> **EXTRACTED DATA**:
===============

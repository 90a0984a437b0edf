//! Reads a table of rows.
//!
//! A line is an item's name, a space and its value. `run NAME` begins a row, and the lines behind it
//! say what it holds; a line that is empty or begins with `#` says nothing. `%` and two hexadecimal
//! digits stand for a byte.
//!
//!     run echo a
//!     word execlineb                one word of the vector; so once or more
//!     sample 4                      the same, which is the text of elcheck's sample of so many lines
//!     spaces 1048577                the same, which is so many spaces
//!     variable NAME=VALUE           of the environment; none or more
//!     dir /                         the directory, where it isn't `/`
//!     budget 5                      the units that there are, where it isn't the greatest budget
//!     answer Exited 3               what the World answers: Plain, Fault, NotFound, NotStartable,
//!                                   Exited N, Killed N, Piece BYTES or Path WORD; none or more
//!     fuse 3                        the number of the call that fails
//!     log Wait 100 -> Exited 3      an event of the whole log, in the notation of `EventText`, or
//!     tail Wait 100 -> Exited 3     one of its last events; none or more
//!     count 3001 Start              how many events of the log are such; none or more, in place of `log` and `tail`
//!     end 3                         the status, or Spent
//!     units 1                       how many units it takes, where that is compared
//!     faults 0                      how many calls fail, where that is compared

use crate::row::{Count, Row, Run};
use el_app::{Finish, MAX_SAMPLE, sample};
use el_env::EnvFault;
use el_words::{Bytes, NoMemory, Word, WordFault};
use el_world::{Answer, Ended};
use percent_encoding::percent_decode_str;
use std::alloc::{AllocError, AllocFailed, Global};
use std::num::ParseIntError;
use thiserror::Error;

/// A line that says nothing of a row.
#[derive(Debug, Drop, Error)]
#[error("line {line}: {fault}")]
pub struct BadLine {
    line: usize,
    fault: RowFault,
}

/// Why a line says nothing.
#[derive(Debug, Drop, Error)]
pub enum RowFault {
    #[error("no row has begun")]
    NoRow,
    #[error("unknown item")]
    UnknownItem,
    #[error("unknown answer")]
    UnknownAnswer,
    #[error("a variable without =")]
    NoValue,
    #[error("a count without a line")]
    NoLine,
    #[error("a sample of no lines, or of too many")]
    NoSample,
    #[error("{0}")]
    BadNumber(#[from] ParseIntError),
    #[error("{0}")]
    BadWord(#[from] WordFault),
    #[error("{0}")]
    BadVariable(#[from] EnvFault),
    #[error("no memory")]
    NoMemory,
}

impl From<NoMemory> for RowFault {
    fn from(_: NoMemory) -> Self {
        RowFault::NoMemory
    }
}

impl From<AllocError> for RowFault {
    fn from(_: AllocError) -> Self {
        RowFault::NoMemory
    }
}

impl<T: Drop> From<AllocFailed<T>> for RowFault {
    fn from(_: AllocFailed<T>) -> Self {
        RowFault::NoMemory
    }
}

/// Puts the rows of a table, in its order, behind `rows`. A line that says nothing of a row is an error.
pub fn read_rows(alloc: Global, table: &str, rows: &mut Vec<Row>) -> Result<(), BadLine> {
    for (place, line) in table.lines().enumerate() {
        if let Err(fault) = read_line(alloc, line, rows) {
            return Err(BadLine {
                line: place + 1,
                fault,
            });
        }
    }
    Ok(())
}

fn read_line(alloc: Global, line: &str, rows: &mut Vec<Row>) -> Result<(), RowFault> {
    if line.is_empty() || line.starts_with('#') {
        return Ok(());
    }
    let (item, value) = line.split_once(' ').unwrap_or((line, ""));
    if item == "run" {
        rows.push(Row {
            name: String::from_str(alloc, value)?,
            run: Run::new(alloc)?,
        })?;
        return Ok(());
    }
    match rows.last_mut() {
        Some(row) => read_item(alloc, item, value, &mut row.run),
        None => Err(RowFault::NoRow),
    }
}

fn read_item(alloc: Global, item: &str, value: &str, run: &mut Run) -> Result<(), RowFault> {
    match item {
        "word" => run.words.push(word_of(alloc, value)?.as_bytes())?,
        "sample" => read_sample(alloc, value, run)?,
        "spaces" => read_spaces(alloc, value, run)?,
        "variable" => read_variable(alloc, value, run)?,
        "dir" => run.dir = word_of(alloc, value)?,
        "budget" => run.budget = value.parse()?,
        "answer" => run.answers.push(answer_of(alloc, value)?)?,
        "fuse" => run.fuse = Some(value.parse()?),
        "log" => run.log.events.push(String::from_str(alloc, value)?)?,
        "tail" => {
            run.log.is_tail = true;
            run.log.events.push(String::from_str(alloc, value)?)?;
        }
        "count" => run.log.counts.push(count_of(alloc, value)?)?,
        "end" => run.end = Some(end_of(value)?),
        "units" => run.units = Some(value.parse()?),
        "faults" => run.faults = Some(value.parse()?),
        _ => return Err(RowFault::UnknownItem),
    }
    Ok(())
}

fn read_sample(alloc: Global, value: &str, run: &mut Run) -> Result<(), RowFault> {
    let lines: u64 = value.parse()?;
    if !(1..=MAX_SAMPLE).contains(&lines) {
        return Err(RowFault::NoSample);
    }
    let script = Word::from_bytes(alloc, sample(alloc, lines)?.as_bytes())?;
    Ok(run.words.push(script.as_bytes())?)
}

fn read_spaces(alloc: Global, value: &str, run: &mut Run) -> Result<(), RowFault> {
    let spaces = " ".repeat(alloc, value.parse()?)?;
    let script = Word::from_bytes(alloc, spaces.as_bytes())?;
    Ok(run.words.push(script.as_bytes())?)
}

fn read_variable(alloc: Global, value: &str, run: &mut Run) -> Result<(), RowFault> {
    let (name, value) = value.split_once('=').ok_or(RowFault::NoValue)?;
    Ok(run.env.set(word_of(alloc, name)?, word_of(alloc, value)?)?)
}

fn count_of(alloc: Global, value: &str) -> Result<Count, RowFault> {
    let (events, line) = value.split_once(' ').ok_or(RowFault::NoLine)?;
    Ok(Count {
        events: events.parse()?,
        line: String::from_str(alloc, line)?,
    })
}

fn answer_of(alloc: Global, value: &str) -> Result<Answer, RowFault> {
    let (answer, detail) = value.split_once(' ').unwrap_or((value, ""));
    Ok(match answer {
        "Plain" => Answer::Plain,
        "Fault" => Answer::Fault,
        "NotFound" => Answer::NotFound,
        "NotStartable" => Answer::NotStartable,
        "Exited" => Answer::Ended(Ended::Exited(detail.parse()?)),
        "Killed" => Answer::Ended(Ended::Killed(detail.parse()?)),
        "Piece" => Answer::Piece(Bytes::from_slice(alloc, &bytes_of(alloc, detail)?)?),
        "Path" => Answer::Path(word_of(alloc, detail)?),
        _ => return Err(RowFault::UnknownAnswer),
    })
}

fn end_of(value: &str) -> Result<Finish, RowFault> {
    Ok(match value {
        "Spent" => Finish::Spent,
        _ => Finish::Status(value.parse()?),
    })
}

fn word_of(alloc: Global, text: &str) -> Result<Word, RowFault> {
    Ok(Word::from_bytes(alloc, &bytes_of(alloc, text)?)?)
}

fn bytes_of(alloc: Global, text: &str) -> Result<Vec<u8>, AllocError> {
    let mut bytes = Vec::new(alloc);
    percent_decode_str(text).append_to(&mut bytes)?;
    Ok(bytes)
}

===============

> **YOUR TASK**:
Every record must be returned exactly.

> **WRITTEN ANSWER**:
repository 90a0984a437b0edf
//! Reads a table of rows.
//!
//! A line is an item's name, a space and its value. `run NAME` begins a row, and the lines behind it
//! say what it holds; a line that is empty or begins with `#` says nothing. `%` and two hexadecimal
//! digits stand for a byte.
//!
//!     run echo a
//!     word execlineb                one word of the vector; so once or more
//!     sample 4                      the same, which is the text of elcheck's sample of so many lines
//!     spaces 1048577                the same, which is so many spaces
//!     variable NAME=VALUE           of the environment; none or more
//!     dir /                         the directory, where it isn't `/`
//!     budget 5                      the units that there are, where it isn't the greatest budget
//!     answer Exited 3               what the World answers: Plain, Fault, NotFound, NotStartable,
//!                                   Exited N, Killed N, Piece BYTES or Path WORD; none or more
//!     fuse 3                        the number of the call that fails
//!     log Wait 100 -> Exited 3      an event of the whole log, in the notation of `EventText`, or
//!     tail Wait 100 -> Exited 3     one of its last events; none or more
//!     count 3001 Start              how many events of the log are such; none or more, in place of `log` and `tail`
//!     end 3                         the status, or Spent
//!     units 1                       how many units it takes, where that is compared
//!     faults 0                      how many calls fail, where that is compared

use crate::row::{Count, Row, Run};
use el_app::{Finish, MAX_SAMPLE, sample};
use el_env::EnvFault;
use el_words::{Bytes, NoMemory, Word, WordFault};
use el_world::{Answer, Ended};
use percent_encoding::percent_decode_str;
use std::alloc::{AllocError, AllocFailed, Global};
use std::num::ParseIntError;
use thiserror::Error;

/// A line that says nothing of a row.
#[derive(Debug, Drop, Error)]
#[error("line {line}: {fault}")]
pub struct BadLine {
    line: usize,
    fault: RowFault,
}

/// Why a line says nothing.
#[derive(Debug, Drop, Error)]
pub enum RowFault {
    #[error("no row has begun")]
    NoRow,
    #[error("unknown item")]
    UnknownItem,
    #[error("unknown answer")]
    UnknownAnswer,
    #[error("a variable without =")]
    NoValue,
    #[error("a count without a line")]
    NoLine,
    #[error("a sample of no lines, or of too many")]
    NoSample,
    #[error("{0}")]
    BadNumber(#[from] ParseIntError),
    #[error("{0}")]
    BadWord(#[from] WordFault),
    #[error("{0}")]
    BadVariable(#[from] EnvFault),
    #[error("no memory")]
    NoMemory,
}

impl From<NoMemory> for RowFault {
    fn from(_: NoMemory) -> Self {
        RowFault::NoMemory
    }
}

impl From<AllocError> for RowFault {
    fn from(_: AllocError) -> Self {
        RowFault::NoMemory
    }
}

impl<T: Drop> From<AllocFailed<T>> for RowFault {
    fn from(_: AllocFailed<T>) -> Self {
        RowFault::NoMemory
    }
}

/// Puts the rows of a table, in its order, behind `rows`. A line that says nothing of a row is an error.
pub fn read_rows(alloc: Global, table: &str, rows: &mut Vec<Row>) -> Result<(), BadLine> {
    for (place, line) in table.lines().enumerate() {
        if let Err(fault) = read_line(alloc, line, rows) {
            return Err(BadLine {
                line: place + 1,
                fault,
            });
        }
    }
    Ok(())
}

fn read_line(alloc: Global, line: &str, rows: &mut Vec<Row>) -> Result<(), RowFault> {
    if line.is_empty() || line.starts_with('#') {
        return Ok(());
    }
    let (item, value) = line.split_once(' ').unwrap_or((line, ""));
    if item == "run" {
        rows.push(Row {
            name: String::from_str(alloc, value)?,
            run: Run::new(alloc)?,
        })?;
        return Ok(());
    }
    match rows.last_mut() {
        Some(row) => read_item(alloc, item, value, &mut row.run),
        None => Err(RowFault::NoRow),
    }
}

fn read_item(alloc: Global, item: &str, value: &str, run: &mut Run) -> Result<(), RowFault> {
    match item {
        "word" => run.words.push(word_of(alloc, value)?.as_bytes())?,
        "sample" => read_sample(alloc, value, run)?,
        "spaces" => read_spaces(alloc, value, run)?,
        "variable" => read_variable(alloc, value, run)?,
        "dir" => run.dir = word_of(alloc, value)?,
        "budget" => run.budget = value.parse()?,
        "answer" => run.answers.push(answer_of(alloc, value)?)?,
        "fuse" => run.fuse = Some(value.parse()?),
        "log" => run.log.events.push(String::from_str(alloc, value)?)?,
        "tail" => {
            run.log.is_tail = true;
            run.log.events.push(String::from_str(alloc, value)?)?;
        }
        "count" => run.log.counts.push(count_of(alloc, value)?)?,
        "end" => run.end = Some(end_of(value)?),
        "units" => run.units = Some(value.parse()?),
        "faults" => run.faults = Some(value.parse()?),
        _ => return Err(RowFault::UnknownItem),
    }
    Ok(())
}

fn read_sample(alloc: Global, value: &str, run: &mut Run) -> Result<(), RowFault> {
    let lines: u64 = value.parse()?;
    if !(1..=MAX_SAMPLE).contains(&lines) {
        return Err(RowFault::NoSample);
    }
    let script = Word::from_bytes(alloc, sample(alloc, lines)?.as_bytes())?;
    Ok(run.words.push(script.as_bytes())?)
}

fn read_spaces(alloc: Global, value: &str, run: &mut Run) -> Result<(), RowFault> {
    let spaces = " ".repeat(alloc, value.parse()?)?;
    let script = Word::from_bytes(alloc, spaces.as_bytes())?;
    Ok(run.words.push(script.as_bytes())?)
}

fn read_variable(alloc: Global, value: &str, run: &mut Run) -> Result<(), RowFault> {
    let (name, value) = value.split_once('=').ok_or(RowFault::NoValue)?;
    Ok(run.env.set(word_of(alloc, name)?, word_of(alloc, value)?)?)
}

fn count_of(alloc: Global, value: &str) -> Result<Count, RowFault> {
    let (events, line) = value.split_once(' ').ok_or(RowFault::NoLine)?;
    Ok(Count {
        events: events.parse()?,
        line: String::from_str(alloc, line)?,
    })
}

fn answer_of(alloc: Global, value: &str) -> Result<Answer, RowFault> {
    let (answer, detail) = value.split_once(' ').unwrap_or((value, ""));
    Ok(match answer {
        "Plain" => Answer::Plain,
        "Fault" => Answer::Fault,
        "NotFound" => Answer::NotFound,
        "NotStartable" => Answer::NotStartable,
        "Exited" => Answer::Ended(Ended::Exited(detail.parse()?)),
        "Killed" => Answer::Ended(Ended::Killed(detail.parse()?)),
        "Piece" => Answer::Piece(Bytes::from_slice(alloc, &bytes_of(alloc, detail)?)?),
        "Path" => Answer::Path(word_of(alloc, detail)?),
        _ => return Err(RowFault::UnknownAnswer),
    })
}

fn end_of(value: &str) -> Result<Finish, RowFault> {
    Ok(match value {
        "Spent" => Finish::Spent,
        _ => Finish::Status(value.parse()?),
    })
}

fn word_of(alloc: Global, text: &str) -> Result<Word, RowFault> {
    Ok(Word::from_bytes(alloc, &bytes_of(alloc, text)?)?)
}

fn bytes_of(alloc: Global, text: &str) -> Result<Vec<u8>, AllocError> {
    let mut bytes = Vec::new(alloc);
    percent_decode_str(text).append_to(&mut bytes)?;
    Ok(bytes)
}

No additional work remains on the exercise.